Record excerpts:

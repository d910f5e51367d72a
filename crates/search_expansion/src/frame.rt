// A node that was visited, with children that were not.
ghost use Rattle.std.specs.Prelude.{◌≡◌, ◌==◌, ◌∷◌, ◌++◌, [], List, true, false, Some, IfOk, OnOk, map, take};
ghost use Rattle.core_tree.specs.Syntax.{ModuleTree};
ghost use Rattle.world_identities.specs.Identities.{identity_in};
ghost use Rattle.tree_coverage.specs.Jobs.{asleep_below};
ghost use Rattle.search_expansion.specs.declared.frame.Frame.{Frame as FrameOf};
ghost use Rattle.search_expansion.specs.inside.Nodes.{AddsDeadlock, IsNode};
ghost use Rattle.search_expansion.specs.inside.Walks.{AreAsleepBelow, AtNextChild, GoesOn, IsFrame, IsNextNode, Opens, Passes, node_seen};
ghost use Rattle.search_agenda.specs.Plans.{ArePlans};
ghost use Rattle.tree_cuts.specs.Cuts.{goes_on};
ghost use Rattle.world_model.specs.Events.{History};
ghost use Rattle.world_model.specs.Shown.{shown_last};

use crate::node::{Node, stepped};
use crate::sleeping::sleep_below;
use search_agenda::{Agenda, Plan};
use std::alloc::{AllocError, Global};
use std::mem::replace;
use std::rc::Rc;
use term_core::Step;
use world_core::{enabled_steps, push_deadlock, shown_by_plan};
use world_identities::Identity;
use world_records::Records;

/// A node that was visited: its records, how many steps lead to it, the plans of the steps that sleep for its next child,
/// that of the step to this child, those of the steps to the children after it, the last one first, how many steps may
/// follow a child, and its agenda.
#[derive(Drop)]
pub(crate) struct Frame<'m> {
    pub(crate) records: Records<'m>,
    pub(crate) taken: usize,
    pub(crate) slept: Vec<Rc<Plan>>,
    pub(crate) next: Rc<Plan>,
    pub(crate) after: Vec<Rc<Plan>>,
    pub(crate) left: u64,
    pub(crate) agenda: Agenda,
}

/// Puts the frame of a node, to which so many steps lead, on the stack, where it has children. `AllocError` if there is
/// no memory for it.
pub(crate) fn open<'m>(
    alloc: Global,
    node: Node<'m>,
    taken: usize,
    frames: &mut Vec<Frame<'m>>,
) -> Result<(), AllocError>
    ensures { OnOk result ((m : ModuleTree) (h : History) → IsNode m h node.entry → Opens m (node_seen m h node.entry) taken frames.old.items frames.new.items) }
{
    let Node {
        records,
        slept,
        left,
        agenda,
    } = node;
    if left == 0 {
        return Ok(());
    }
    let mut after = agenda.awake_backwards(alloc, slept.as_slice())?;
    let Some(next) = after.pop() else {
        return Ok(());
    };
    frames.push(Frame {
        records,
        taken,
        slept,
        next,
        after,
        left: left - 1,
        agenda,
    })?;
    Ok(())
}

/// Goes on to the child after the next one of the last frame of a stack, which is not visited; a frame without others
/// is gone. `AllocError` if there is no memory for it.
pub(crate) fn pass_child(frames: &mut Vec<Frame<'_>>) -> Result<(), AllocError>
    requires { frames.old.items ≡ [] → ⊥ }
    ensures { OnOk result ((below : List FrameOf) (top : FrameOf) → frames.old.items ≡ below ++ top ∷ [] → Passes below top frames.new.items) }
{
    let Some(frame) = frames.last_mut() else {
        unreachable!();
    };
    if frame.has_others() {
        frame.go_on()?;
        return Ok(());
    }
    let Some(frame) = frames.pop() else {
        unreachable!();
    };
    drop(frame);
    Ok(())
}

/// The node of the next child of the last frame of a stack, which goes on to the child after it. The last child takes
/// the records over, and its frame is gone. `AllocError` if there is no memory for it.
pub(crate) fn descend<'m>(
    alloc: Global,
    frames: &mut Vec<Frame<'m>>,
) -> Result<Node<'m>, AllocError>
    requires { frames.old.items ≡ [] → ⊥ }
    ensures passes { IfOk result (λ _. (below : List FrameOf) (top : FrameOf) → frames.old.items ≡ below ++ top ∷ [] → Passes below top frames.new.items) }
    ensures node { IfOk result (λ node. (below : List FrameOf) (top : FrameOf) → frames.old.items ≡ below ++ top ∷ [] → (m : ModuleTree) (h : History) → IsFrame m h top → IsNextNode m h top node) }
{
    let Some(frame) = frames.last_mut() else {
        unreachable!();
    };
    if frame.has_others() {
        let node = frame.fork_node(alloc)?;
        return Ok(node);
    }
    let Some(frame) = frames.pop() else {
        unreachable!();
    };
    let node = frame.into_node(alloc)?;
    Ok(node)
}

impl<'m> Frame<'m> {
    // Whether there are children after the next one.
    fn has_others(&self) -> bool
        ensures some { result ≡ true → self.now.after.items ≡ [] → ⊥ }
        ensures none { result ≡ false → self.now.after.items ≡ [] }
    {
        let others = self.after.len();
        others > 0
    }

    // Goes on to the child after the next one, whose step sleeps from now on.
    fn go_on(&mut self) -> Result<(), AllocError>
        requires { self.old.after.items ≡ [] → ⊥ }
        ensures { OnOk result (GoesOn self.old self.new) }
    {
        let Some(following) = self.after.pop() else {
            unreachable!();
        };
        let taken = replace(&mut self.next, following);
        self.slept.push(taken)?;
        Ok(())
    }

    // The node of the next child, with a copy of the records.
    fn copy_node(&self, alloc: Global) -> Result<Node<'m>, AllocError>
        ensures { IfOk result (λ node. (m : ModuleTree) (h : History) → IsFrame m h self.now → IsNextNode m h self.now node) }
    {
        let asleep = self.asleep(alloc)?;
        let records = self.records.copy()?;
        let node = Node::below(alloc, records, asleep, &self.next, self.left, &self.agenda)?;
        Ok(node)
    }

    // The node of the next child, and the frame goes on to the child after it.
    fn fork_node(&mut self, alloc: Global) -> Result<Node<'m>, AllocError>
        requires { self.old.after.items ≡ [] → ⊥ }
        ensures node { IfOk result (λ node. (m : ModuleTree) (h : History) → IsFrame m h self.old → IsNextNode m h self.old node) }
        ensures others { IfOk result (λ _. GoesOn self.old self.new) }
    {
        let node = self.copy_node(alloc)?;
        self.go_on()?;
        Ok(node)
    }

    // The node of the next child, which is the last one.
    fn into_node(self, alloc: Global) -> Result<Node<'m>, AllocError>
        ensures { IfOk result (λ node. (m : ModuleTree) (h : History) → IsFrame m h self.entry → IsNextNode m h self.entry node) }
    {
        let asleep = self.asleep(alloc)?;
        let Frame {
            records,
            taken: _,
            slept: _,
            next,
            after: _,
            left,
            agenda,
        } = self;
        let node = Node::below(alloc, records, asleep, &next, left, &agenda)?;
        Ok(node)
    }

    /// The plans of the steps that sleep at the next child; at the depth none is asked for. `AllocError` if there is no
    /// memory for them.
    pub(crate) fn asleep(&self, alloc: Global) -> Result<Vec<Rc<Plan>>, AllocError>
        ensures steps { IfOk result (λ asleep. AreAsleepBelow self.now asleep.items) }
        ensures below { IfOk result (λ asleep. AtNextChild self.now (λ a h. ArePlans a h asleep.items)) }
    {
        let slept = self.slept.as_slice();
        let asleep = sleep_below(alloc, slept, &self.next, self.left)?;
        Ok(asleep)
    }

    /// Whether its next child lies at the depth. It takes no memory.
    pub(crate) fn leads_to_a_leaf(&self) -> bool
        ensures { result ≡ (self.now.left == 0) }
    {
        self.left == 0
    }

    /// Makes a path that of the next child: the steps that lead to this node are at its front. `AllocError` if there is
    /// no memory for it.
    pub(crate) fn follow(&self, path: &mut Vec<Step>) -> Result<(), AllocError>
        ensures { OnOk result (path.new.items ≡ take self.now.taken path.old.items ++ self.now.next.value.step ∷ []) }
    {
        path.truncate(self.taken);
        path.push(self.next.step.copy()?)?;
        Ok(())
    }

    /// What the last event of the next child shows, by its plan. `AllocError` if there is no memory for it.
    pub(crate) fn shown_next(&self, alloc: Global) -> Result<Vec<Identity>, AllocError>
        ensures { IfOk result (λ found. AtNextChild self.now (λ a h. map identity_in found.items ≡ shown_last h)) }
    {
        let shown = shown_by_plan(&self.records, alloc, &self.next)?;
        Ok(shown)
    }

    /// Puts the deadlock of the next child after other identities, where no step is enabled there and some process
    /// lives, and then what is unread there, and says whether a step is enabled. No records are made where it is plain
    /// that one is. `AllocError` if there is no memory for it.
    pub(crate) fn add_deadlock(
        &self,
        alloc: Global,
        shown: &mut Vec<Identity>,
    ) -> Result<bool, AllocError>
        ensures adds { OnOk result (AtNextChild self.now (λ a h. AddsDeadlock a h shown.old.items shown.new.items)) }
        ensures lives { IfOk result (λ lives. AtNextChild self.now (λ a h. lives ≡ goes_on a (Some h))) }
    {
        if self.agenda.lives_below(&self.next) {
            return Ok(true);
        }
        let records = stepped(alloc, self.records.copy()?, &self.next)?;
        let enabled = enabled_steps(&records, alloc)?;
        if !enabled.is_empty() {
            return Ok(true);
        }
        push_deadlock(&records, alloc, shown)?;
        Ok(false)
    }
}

* * *

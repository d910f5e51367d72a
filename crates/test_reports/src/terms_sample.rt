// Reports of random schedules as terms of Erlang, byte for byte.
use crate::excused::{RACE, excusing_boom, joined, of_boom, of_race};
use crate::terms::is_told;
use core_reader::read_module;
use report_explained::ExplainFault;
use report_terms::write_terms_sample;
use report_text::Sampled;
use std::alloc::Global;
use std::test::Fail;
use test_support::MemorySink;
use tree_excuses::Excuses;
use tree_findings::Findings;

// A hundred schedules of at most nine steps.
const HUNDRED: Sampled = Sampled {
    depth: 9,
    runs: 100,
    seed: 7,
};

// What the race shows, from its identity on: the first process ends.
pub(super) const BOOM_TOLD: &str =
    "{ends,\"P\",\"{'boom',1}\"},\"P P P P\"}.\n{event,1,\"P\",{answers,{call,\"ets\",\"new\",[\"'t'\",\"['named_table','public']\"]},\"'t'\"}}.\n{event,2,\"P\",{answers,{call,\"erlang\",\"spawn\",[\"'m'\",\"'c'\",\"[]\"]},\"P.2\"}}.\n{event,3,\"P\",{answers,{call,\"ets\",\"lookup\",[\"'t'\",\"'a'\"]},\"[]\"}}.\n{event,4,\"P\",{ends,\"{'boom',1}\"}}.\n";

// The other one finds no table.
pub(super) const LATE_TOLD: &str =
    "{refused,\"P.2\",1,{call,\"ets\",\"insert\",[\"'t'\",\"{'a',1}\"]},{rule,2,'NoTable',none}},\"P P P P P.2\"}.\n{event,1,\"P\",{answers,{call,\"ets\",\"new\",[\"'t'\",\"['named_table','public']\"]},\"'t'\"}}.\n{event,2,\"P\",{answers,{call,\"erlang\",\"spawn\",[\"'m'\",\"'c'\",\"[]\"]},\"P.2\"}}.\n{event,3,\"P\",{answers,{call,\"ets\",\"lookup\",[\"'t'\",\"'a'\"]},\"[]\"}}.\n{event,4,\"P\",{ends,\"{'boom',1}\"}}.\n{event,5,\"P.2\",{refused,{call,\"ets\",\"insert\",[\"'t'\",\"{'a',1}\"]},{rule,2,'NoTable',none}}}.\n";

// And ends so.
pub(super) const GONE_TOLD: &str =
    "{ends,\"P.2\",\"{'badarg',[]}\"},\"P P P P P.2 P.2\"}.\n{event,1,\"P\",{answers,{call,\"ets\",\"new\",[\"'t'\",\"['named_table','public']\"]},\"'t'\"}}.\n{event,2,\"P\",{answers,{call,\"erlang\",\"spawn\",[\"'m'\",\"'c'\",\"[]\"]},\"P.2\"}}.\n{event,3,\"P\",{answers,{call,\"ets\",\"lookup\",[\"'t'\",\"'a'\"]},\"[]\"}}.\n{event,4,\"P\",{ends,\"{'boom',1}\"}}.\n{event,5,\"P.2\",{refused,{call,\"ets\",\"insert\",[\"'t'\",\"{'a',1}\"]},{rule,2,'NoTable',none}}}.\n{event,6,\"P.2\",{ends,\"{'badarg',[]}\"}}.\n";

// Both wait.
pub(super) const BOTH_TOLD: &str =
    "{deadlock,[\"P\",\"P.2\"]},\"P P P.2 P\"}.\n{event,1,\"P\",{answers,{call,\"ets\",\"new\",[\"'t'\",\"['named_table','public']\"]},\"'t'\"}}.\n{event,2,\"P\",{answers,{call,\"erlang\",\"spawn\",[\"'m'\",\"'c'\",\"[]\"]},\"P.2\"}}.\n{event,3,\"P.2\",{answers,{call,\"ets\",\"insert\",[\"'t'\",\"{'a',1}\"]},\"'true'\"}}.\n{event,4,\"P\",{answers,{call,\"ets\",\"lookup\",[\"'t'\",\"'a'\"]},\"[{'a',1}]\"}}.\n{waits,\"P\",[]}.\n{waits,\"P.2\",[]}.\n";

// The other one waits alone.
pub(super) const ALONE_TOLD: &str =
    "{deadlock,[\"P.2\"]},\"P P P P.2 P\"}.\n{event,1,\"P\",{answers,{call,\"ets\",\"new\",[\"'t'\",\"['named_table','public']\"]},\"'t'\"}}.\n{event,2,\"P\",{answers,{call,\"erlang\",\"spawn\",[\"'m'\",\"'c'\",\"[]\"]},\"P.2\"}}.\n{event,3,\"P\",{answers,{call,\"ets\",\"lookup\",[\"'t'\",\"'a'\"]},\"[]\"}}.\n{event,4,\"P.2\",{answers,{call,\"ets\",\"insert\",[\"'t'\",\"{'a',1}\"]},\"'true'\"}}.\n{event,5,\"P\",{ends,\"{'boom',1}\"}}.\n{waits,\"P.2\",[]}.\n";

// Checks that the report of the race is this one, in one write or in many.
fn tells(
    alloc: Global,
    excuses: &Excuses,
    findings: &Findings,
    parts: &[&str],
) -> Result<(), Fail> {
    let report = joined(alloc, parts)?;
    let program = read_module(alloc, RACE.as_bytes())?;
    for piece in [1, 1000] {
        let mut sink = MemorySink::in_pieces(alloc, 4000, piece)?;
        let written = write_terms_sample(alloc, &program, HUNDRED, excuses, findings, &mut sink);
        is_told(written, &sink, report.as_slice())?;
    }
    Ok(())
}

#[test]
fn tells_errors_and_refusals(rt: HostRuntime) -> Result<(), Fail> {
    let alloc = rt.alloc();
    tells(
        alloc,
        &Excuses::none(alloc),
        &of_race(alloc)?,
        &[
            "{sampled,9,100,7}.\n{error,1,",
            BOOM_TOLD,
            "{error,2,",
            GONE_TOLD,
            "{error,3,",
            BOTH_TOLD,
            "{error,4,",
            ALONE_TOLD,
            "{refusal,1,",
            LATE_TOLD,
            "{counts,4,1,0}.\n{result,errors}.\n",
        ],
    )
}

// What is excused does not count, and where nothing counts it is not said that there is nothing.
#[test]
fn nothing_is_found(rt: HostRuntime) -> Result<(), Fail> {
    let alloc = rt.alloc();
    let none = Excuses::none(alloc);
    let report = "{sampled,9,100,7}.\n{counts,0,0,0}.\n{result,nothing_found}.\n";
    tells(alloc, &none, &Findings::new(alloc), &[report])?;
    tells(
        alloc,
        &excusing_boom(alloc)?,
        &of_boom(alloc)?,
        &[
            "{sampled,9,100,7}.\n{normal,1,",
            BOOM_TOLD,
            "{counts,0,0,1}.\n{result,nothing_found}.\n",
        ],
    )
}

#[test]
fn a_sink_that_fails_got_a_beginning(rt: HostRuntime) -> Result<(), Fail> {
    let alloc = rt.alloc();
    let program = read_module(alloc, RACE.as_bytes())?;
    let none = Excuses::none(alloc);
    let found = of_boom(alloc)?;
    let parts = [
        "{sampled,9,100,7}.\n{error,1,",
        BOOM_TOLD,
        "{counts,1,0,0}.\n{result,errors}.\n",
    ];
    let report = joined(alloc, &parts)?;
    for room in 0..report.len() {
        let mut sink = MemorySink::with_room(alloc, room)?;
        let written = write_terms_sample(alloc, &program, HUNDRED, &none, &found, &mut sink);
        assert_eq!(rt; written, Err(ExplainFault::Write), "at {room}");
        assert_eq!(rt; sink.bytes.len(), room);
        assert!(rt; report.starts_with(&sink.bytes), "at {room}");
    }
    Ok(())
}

Exercise directions:
Find and copy each line in the material above where the string "following" occurs.

Answer below:
        let Some(following) = self.after.pop() else {
        let taken = replace(&mut self.next, following);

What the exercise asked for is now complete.